** Opening RECORDS TO PROCESS block **

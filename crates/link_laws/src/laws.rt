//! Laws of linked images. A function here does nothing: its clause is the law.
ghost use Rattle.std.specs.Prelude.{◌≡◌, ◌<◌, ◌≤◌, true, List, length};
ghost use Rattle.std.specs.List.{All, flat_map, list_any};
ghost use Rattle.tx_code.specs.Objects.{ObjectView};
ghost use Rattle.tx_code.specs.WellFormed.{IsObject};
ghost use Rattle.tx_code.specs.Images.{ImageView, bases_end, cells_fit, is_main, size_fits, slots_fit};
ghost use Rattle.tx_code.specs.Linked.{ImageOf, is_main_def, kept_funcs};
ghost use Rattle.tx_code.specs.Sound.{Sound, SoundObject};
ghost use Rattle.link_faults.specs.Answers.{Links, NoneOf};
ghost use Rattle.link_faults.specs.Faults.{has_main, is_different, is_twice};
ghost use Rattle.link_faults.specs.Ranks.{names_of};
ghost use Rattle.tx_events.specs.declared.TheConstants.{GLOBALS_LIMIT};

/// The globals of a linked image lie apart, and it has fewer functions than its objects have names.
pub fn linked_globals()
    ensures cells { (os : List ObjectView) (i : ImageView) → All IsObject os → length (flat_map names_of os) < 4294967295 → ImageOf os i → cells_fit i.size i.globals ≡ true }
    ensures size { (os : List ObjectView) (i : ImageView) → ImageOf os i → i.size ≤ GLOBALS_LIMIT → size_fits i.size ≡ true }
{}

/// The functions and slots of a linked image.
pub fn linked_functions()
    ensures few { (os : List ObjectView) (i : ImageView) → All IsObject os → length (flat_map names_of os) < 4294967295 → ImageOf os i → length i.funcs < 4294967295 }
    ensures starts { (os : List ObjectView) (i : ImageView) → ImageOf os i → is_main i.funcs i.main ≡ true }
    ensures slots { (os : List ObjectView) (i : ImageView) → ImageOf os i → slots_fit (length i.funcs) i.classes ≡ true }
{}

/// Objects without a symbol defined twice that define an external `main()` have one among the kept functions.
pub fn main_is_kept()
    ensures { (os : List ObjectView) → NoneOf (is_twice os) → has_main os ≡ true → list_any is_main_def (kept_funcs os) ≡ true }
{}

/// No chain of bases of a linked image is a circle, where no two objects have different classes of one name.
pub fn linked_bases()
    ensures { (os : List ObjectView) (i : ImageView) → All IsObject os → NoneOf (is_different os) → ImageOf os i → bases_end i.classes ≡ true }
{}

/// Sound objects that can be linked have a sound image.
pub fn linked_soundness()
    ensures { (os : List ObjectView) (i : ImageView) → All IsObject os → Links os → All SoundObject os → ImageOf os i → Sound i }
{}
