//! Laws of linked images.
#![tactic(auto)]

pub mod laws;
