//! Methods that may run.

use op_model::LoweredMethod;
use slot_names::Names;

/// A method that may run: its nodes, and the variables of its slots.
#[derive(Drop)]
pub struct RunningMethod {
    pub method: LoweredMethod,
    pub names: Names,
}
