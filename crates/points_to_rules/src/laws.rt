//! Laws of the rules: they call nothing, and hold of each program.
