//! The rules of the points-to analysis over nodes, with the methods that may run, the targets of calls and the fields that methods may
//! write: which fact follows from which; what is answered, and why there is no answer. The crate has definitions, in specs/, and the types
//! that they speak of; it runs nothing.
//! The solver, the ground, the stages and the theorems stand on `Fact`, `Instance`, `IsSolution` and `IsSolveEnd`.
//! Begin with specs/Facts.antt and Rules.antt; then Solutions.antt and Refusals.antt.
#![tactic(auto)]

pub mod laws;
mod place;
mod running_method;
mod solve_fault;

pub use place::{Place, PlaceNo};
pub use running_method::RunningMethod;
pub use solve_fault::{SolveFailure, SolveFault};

** Closing RECORDS TO PROCESS block **
** Opening RECORDS TO PROCESS block **

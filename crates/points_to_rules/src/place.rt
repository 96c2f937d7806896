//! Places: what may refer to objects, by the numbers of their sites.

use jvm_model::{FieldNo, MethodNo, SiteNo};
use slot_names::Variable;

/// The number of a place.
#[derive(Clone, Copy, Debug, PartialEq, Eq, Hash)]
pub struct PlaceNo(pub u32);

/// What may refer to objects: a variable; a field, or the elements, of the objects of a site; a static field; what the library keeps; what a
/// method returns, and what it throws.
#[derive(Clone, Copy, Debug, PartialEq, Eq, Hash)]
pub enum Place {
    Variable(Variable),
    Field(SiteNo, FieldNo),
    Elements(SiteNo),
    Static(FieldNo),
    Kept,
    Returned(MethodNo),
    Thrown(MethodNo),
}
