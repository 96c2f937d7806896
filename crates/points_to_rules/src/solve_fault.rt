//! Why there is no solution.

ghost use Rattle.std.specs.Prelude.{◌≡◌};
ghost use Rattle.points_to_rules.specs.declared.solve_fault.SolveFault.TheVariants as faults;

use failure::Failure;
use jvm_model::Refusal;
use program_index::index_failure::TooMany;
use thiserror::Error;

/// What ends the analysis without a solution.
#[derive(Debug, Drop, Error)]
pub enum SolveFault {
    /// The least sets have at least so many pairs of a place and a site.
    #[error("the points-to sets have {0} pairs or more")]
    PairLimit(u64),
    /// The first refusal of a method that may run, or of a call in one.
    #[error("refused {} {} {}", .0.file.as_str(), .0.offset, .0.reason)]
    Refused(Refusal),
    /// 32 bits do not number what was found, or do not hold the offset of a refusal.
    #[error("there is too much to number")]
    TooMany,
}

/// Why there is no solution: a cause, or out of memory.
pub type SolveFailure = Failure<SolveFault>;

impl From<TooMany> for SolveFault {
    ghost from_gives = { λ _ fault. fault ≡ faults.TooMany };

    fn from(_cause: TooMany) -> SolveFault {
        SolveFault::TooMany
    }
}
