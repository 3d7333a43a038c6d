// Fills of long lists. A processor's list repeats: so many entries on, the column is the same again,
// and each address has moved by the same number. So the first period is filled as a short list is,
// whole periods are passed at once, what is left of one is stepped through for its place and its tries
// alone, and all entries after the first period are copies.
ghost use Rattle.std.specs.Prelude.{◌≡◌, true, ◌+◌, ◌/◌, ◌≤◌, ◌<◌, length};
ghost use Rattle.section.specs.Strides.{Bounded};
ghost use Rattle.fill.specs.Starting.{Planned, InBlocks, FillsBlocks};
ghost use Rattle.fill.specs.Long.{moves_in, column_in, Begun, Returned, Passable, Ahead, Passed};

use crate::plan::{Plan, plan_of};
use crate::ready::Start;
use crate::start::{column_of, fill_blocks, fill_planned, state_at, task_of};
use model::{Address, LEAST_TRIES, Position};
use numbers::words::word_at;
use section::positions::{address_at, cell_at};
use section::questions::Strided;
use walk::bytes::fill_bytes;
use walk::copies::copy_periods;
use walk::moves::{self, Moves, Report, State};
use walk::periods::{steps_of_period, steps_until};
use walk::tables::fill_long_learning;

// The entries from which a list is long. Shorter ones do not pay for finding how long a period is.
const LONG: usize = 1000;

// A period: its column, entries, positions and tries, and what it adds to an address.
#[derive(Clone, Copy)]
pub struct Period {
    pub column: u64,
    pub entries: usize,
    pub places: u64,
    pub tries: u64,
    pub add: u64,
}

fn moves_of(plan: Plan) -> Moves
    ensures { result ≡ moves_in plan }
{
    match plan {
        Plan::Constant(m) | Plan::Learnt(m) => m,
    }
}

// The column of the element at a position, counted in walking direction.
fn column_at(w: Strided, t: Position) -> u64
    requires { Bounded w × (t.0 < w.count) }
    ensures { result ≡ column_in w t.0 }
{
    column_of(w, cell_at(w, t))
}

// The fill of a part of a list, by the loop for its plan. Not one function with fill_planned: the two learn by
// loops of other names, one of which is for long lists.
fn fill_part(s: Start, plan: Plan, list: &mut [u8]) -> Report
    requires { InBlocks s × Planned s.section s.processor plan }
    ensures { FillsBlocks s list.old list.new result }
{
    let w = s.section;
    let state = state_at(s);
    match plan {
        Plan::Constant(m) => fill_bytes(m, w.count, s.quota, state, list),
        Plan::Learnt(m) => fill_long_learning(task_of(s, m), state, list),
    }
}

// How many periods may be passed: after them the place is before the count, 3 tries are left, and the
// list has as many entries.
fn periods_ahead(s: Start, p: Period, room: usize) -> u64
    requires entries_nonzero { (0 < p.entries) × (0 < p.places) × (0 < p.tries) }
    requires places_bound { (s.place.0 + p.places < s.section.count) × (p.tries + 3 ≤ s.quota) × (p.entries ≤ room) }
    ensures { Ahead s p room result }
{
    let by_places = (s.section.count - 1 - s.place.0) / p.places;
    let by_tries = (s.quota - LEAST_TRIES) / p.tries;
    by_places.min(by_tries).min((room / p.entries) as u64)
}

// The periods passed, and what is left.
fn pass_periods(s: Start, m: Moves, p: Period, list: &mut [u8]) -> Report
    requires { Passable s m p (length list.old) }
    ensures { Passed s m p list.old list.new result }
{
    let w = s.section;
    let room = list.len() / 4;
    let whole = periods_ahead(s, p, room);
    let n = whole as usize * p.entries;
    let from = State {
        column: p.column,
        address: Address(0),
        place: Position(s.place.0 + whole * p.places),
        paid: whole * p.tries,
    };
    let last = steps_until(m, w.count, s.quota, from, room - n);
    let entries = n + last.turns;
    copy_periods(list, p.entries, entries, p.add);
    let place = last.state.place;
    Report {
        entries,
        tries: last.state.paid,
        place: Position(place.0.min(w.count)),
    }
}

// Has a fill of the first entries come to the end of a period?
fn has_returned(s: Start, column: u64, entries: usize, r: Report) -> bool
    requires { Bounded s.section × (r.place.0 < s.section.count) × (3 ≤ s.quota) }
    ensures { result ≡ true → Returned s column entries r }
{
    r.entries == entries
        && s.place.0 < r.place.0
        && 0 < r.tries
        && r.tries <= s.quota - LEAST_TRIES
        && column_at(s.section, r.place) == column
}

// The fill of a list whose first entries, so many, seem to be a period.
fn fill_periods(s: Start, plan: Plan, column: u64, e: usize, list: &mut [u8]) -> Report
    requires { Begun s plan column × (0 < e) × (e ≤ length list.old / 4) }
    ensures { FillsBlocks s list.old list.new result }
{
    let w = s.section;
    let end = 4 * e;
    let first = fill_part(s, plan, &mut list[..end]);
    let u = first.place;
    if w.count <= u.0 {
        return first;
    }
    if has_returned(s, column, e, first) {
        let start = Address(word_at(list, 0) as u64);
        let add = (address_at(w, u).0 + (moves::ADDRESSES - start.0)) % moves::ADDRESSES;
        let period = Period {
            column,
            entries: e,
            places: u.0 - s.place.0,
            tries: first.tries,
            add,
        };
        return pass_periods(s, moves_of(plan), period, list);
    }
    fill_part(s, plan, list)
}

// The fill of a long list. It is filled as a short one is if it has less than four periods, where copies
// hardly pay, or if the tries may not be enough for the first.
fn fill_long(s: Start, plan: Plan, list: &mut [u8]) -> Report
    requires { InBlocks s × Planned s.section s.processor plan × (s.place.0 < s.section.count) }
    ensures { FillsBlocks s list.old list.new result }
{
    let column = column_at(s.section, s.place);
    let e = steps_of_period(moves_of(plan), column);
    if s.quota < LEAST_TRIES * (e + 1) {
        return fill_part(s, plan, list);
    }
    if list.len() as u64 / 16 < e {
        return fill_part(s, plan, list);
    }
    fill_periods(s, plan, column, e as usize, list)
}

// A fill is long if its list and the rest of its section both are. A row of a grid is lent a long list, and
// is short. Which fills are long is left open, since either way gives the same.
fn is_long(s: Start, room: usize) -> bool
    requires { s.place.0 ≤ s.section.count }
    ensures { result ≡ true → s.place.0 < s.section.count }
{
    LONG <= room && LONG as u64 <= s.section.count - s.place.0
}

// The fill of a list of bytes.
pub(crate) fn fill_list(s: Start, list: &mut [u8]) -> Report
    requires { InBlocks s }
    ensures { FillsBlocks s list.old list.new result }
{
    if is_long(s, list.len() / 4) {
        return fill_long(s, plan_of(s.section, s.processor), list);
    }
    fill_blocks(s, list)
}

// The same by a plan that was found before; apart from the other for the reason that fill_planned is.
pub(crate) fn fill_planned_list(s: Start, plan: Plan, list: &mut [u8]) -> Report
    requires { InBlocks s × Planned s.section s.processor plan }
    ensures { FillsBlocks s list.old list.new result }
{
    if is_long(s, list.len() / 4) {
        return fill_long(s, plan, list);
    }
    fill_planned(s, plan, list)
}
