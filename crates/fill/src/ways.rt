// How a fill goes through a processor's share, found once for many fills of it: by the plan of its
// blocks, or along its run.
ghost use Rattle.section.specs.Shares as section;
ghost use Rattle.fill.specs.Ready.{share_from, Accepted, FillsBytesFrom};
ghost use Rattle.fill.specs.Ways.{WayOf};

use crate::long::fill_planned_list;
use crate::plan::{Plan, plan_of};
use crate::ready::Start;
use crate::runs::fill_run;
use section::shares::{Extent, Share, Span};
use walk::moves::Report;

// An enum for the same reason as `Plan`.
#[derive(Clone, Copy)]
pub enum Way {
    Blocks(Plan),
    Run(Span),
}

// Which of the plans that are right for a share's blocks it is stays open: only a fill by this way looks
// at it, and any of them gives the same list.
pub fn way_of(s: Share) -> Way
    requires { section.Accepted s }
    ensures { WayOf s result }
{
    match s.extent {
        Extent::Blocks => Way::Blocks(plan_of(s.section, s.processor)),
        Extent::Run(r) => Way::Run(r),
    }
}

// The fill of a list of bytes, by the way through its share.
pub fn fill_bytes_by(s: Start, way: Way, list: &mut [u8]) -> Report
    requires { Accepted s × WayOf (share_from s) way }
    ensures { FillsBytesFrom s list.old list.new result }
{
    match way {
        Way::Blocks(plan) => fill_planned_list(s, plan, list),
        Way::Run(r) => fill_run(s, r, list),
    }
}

** Closing RECORDS TO PROCESS block **

__TRY IT__. Where does "filled" appear in the records above? Copy every line that has it.

__EXERCISE OUTPUT__.
// and each address has moved by the same number. So the first period is filled as a short list is,
// The fill of a long list. It is filled as a short one is if it has less than four periods, where copies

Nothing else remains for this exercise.